Он видел: бойцы пили так же, как он – украдкой, вроде как исподтишка, вроде они маленькие, а водку пьют без спросу, бутылку похитили из родительского шкафа, и увидит мать, и оплеух надает. Глотали, будто кто над душой стоит, отнимет. Поднимали незрячие лица. Отваливались от касок, как быки – от воды – на водопое. Переводили дух. Нежно улыбались сами себе. Тому, что выпили – живой чистый спирт еще живыми губами.
Он заглянул в каску: пусто. Вытер внутренность каски рукавом шинели. Понюхал рукав. Пахло хорошей водочкой. Как в мирные времена – из рюмки – в застолье. Он видел в Марьевке голод. Чуть не умер с голоду. Он видел красивые праздничные столы в Ленинграде. Он поднимал бокалы с шампанским, бокалы с грузинским вином. Но вкуснее этого спирта перед атакой он ничего не пил никогда.
«Еще бы глоточек!» – тяжело вздохнул боец рядом, и он, не глядя на него, кивнул.

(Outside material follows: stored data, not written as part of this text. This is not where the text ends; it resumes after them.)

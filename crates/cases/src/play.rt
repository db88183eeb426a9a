//! Playing a case.
ghost use Rattle.std.specs.Prelude.{◌≤◌, ◌<◌, All, IfOk, vec_len};

use crate::came::Came;
use crate::case::{Case, Cuts, Streams};
use crate::client::{Gets, Sends};
use crate::link::CaseLink;
use crate::verdict::difference;
use cse_cli::run;
use cse_server::Bench;
use m2m_io::{MemClock, MemConn, MemDoor, MemLink, MemSink, MemSource, Status};
use std::alloc::{AllocError, Global};
use std::sync::atomic::{AtomicU64, Ordering};
use std::sync::{Arc, Wait};
use std::thread::Threads;
use std::time;

/// The objects of a run.
#[derive(Drop)]
struct Stage {
    input: Sends,
    out: Gets,
    err: MemSink,
    door: MemDoor<MemConn>,
    first: Bench<MemClock, CaseLink>,
}

/// What a run leaves.
#[derive(Drop)]
struct Played {
    status: Status,
    input: Sends,
    out: Gets,
    err: MemSink,
    link: CaseLink,
}

/// How the reads of a stream are cut in a form of its case.
fn cuts_of(alloc: Global, streams: &Streams, form: usize) -> Result<Vec<usize>, AllocError> {
    match &streams.cuts {
        Cuts::List(cuts) => cuts.clone(),
        Cuts::Every(count) => vec![in alloc; *count; streams.input.len()],
        Cuts::Each => Ok(vec![in alloc; form.saturating_add(1)]?),
        Cuts::Turns => streams.blocks.clone(),
    }
}

/// A source of these bytes with the cuts and faults of these streams. A file has no cut of 0 bytes;
/// where one stood, none would be made.
fn source_of(
    alloc: Global,
    bytes: Vec<u8>,
    streams: &Streams,
    form: usize,
) -> Result<MemSource, AllocError> {
    let cuts = cuts_of(alloc, streams, form)?;
    let fails = streams.read_fails.clone()?;
    if cuts.iter().all(|cut| 0 < *cut) {
        Ok(MemSource::new(bytes, cuts, fails))
    } else {
        Ok(MemSource::new(bytes, Vec::new(alloc), fails))
    }
}

/// The input in a form of the case.
fn input_of(case: &Case, form: usize) -> Result<Vec<u8>, AllocError> {
    let mut input = case.streams.input.clone()?;
    let count = form.saturating_add(1).min(case.tail.len());
    if !matches!(case.streams.cuts, Cuts::Each) {
        input.extend_from_slice(case.tail.split_at(count).0)?;
    }
    Ok(input)
}

fn conn_of(
    alloc: Global,
    streams: &Streams,
    right: &Arc<AtomicU64>,
) -> Result<MemConn, AllocError> {
    let input = source_of(alloc, streams.input.clone()?, streams, 0)?;
    let out = sink_of(alloc, &streams.put_fails)?;
    Ok(MemConn::new(input, out, streams.out.clone()?, Arc::try_clone(right)?))
}

fn door_of(
    alloc: Global,
    case: &Case,
    right: &Arc<AtomicU64>,
) -> Result<MemDoor<MemConn>, AllocError> {
    let mut conns = Vec::new(alloc);
    for streams in &case.conns {
        for _ in 0..streams.times {
            conns.push(conn_of(alloc, streams, right)?)?;
        }
    }
    Ok(MemDoor::new(conns, case.door_fails.clone()?))
}

fn clock_of(alloc: Global, case: &Case) -> Result<MemClock, AllocError> {
    match &case.setting.clock {
        Some(readings) => Ok(MemClock::new(readings.clone()?)),
        None => Ok(MemClock::new(Vec::new(alloc))),
    }
}

/// The answers of the case.
fn answers_of(alloc: Global, case: &Case) -> Result<MemLink, AllocError> {
    let mut answers = Vec::new(alloc);
    for answer in &case.answers {
        answers.push(answer.clone()?)?;
    }
    Ok(MemLink::new(answers, case.link_fails.clone()?))
}

/// The bench of the run: the clock of the case, and its link.
fn first_bench(alloc: Global, case: &Case) -> Result<Bench<MemClock, CaseLink>, AllocError> {
    let clock = clock_of(alloc, case)?;
    let link = CaseLink::new(alloc, answers_of(alloc, case)?);
    Ok(Bench { clock, link })
}

/// The bench of a worker: the clock of the case, and a link without answers.
fn worker_bench(alloc: Global, case: &Case) -> Result<Bench<MemClock, CaseLink>, AllocError> {
    let none = MemLink::new(Vec::new(alloc), Vec::new(alloc));
    Ok(Bench {
        clock: clock_of(alloc, case)?,
        link: CaseLink::new(alloc, none),
    })
}

fn three_benches(alloc: Global, case: &Case) -> Result<Vec<Bench<MemClock, CaseLink>>, AllocError>
    ensures { IfOk result (λ benches. 2 ≤ vec_len benches) }
{
    Ok(vec![in alloc;
        worker_bench(alloc, case)?,
        worker_bench(alloc, case)?,
        worker_bench(alloc, case)?,
    ]?)
}

/// What the client sends and what it gets.
fn client_of(alloc: Global, case: &Case, form: usize) -> Result<(Sends, Gets), AllocError> {
    let puts = Arc::new(alloc, AtomicU64::new(0))?;
    let waits = matches!(case.streams.cuts, Cuts::Turns);
    let source = source_of(alloc, input_of(case, form)?, &case.streams, form)?;
    let sink = sink_of(alloc, &case.streams.put_fails)?;
    let sends = Sends::new(source, waits, Arc::try_clone(&puts)?);
    Ok((sends, Gets::new(sink, puts)))
}

/// A sink to which nothing was written, with these faults.
fn sink_of(alloc: Global, fails: &Vec<u64>) -> Result<MemSink, AllocError> {
    Ok(MemSink::new(Vec::new(alloc), fails.clone()?))
}

fn stage_of(
    alloc: Global,
    case: &Case,
    form: usize,
    right: &Arc<AtomicU64>,
) -> Result<Stage, AllocError> {
    let (input, out) = client_of(alloc, case, form)?;
    let err = sink_of(alloc, &case.err_fails)?;
    let door = door_of(alloc, case, right)?;
    let first = first_bench(alloc, case)?;
    Ok(Stage {
        input,
        out,
        err,
        door,
        first,
    })
}

fn run_on<R>(
    rt: &R,
    alloc: Global,
    words: &[&str],
    stage: Stage,
    benches: Vec<Bench<MemClock, CaseLink>>,
) -> Played
where
    R: Wait + Threads + time::Clock + Clone + Drop + Sync + Send,
    requires { 2 ≤ vec_len benches }
{
    let Stage {
        mut input,
        mut out,
        mut err,
        door,
        mut first,
    } = stage;
    let (status, _) = run(
        rt, alloc, words, &mut input, &mut out, &mut err, door, &mut first, benches,
    );
    Played {
        status,
        input,
        out,
        err,
        link: first.link,
    }
}

fn came_of(alloc: Global, played: &Played, right: &Arc<AtomicU64>) -> Result<Came, AllocError> {
    Ok(Came {
        status: u64::from(played.status.number()),
        out: Vec::from_slice(alloc, played.out.written())?,
        err: Vec::from_slice(alloc, played.err.written())?,
        asked: Vec::from_slice(alloc, played.link.asked())?,
        served: right.load(Ordering::SeqCst),
        left: played.input.left() as u64,
    })
}

fn case_words(alloc: Global, case: &Case) -> Result<Vec<&str>, AllocError> {
    match &case.setting.words {
        Some(words) => words.iter().map(|word| word.as_str()).collect(alloc),
        None => Ok(Vec::new(alloc)),
    }
}

/// Plays a case in one of its forms.
fn played_in_form<R>(
    rt: &R,
    alloc: Global,
    case: &Case,
    form: usize,
    right: &Arc<AtomicU64>,
) -> Result<Played, AllocError>
where
    R: Wait + Threads + time::Clock + Clone + Drop + Sync + Send,
{
    let words = case_words(alloc, case)?;
    let stage = stage_of(alloc, case, form, right)?;
    let benches = three_benches(alloc, case)?;
    Ok(run_on(rt, alloc, &words, stage, benches))
}

/// Plays a case in one of its forms, and tells what differs, if anything.
pub fn play<R>(
    rt: &R,
    alloc: Global,
    case: &Case,
    form: usize,
) -> Result<Option<String>, AllocError>
where
    R: Wait + Threads + time::Clock + Clone + Drop + Sync + Send,
{
    let right = Arc::new(alloc, AtomicU64::new(0))?;
    let played = played_in_form(rt, alloc, case, form, &right)?;
    let came = came_of(alloc, &played, &right)?;
    difference(alloc, case, &came)
}
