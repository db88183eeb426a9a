//! What came of a run.
use std::alloc::{AllocError, Global};

/// What came of a run.
#[derive(Drop)]
pub struct Came {
    /// The number of the status.
    pub status: u64,
    pub out: Vec<u8>,
    pub err: Vec<u8>,
    /// The exchanges of the link, as `push_exchange` writes them.
    pub asked: Vec<u8>,
    /// How many connections of the door got just what they must.
    pub served: u64,
    /// How many bytes of the input are left unread.
    pub left: u64,
}

/// Appends an exchange: the host and the length of the request in a line, and then the request.
pub fn push_exchange(
    alloc: Global,
    to: &mut Vec<u8>,
    host: &[u8],
    request: &[u8],
) -> Result<(), AllocError> {
    let length = format!(in alloc; " {}\n", request.len())?;
    to.extend_from_slice(host)?;
    to.extend_from_slice(length.as_bytes())?;
    to.extend_from_slice(request)?;
    Ok(())
}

Надел каску. Растер ладонью грудь, грубая шерсть шинели окарябала руку.
Сколько времени до атаки?
Если выдали спирт – уже совсем немного осталось.
Далеко, за белым полем, подлесок; и ветер гнет, бьет друг о дружку заледенелые ветки. Он отсюда, из окопа, слышит их легкий звон. Он пьян? Уже бредит? Что ты еще слышишь, душа?
Он прислушался. Солдаты, выпив, загалдели. Сквозь строй голосов он схватил ухом, вдохом, губами тонкий вой, снежный всхлип. Волчонок в лесу? Лисенок? За перелеском – деревня. За деревней, близко, Таруса. За Тарусой – Ока. Река подо льдом. Вот бы на санях проехаться, лошадку кнутом постегать.
Не надо стегать; сама побежит.
А их – стегают, чтобы – бежали.
Плотно, умалишенно прижмурился. Вот бы ничего больше не видеть. И что? Сидеть так?
Да, так; покачиваться, напевать песню.
Губы разлепились. Сквозь гул, хохотки, невнятицу голосов, кашлей, матюгов и, шепотом, молитв из обожженной спиртом глотки наружу просочилось это, забытое:
― Не уходи, тебя я умоляю!Слова любви… стократ я повторю…Пусть осень у дверей – я это твердо знаю,Но нет, не уходи! – тебе я… говорю…Наш уголокНам никогда не тесен!Когда ты в нем,То в нем цветет весна…
Ему каску на лоб, на нос в шутку опустили.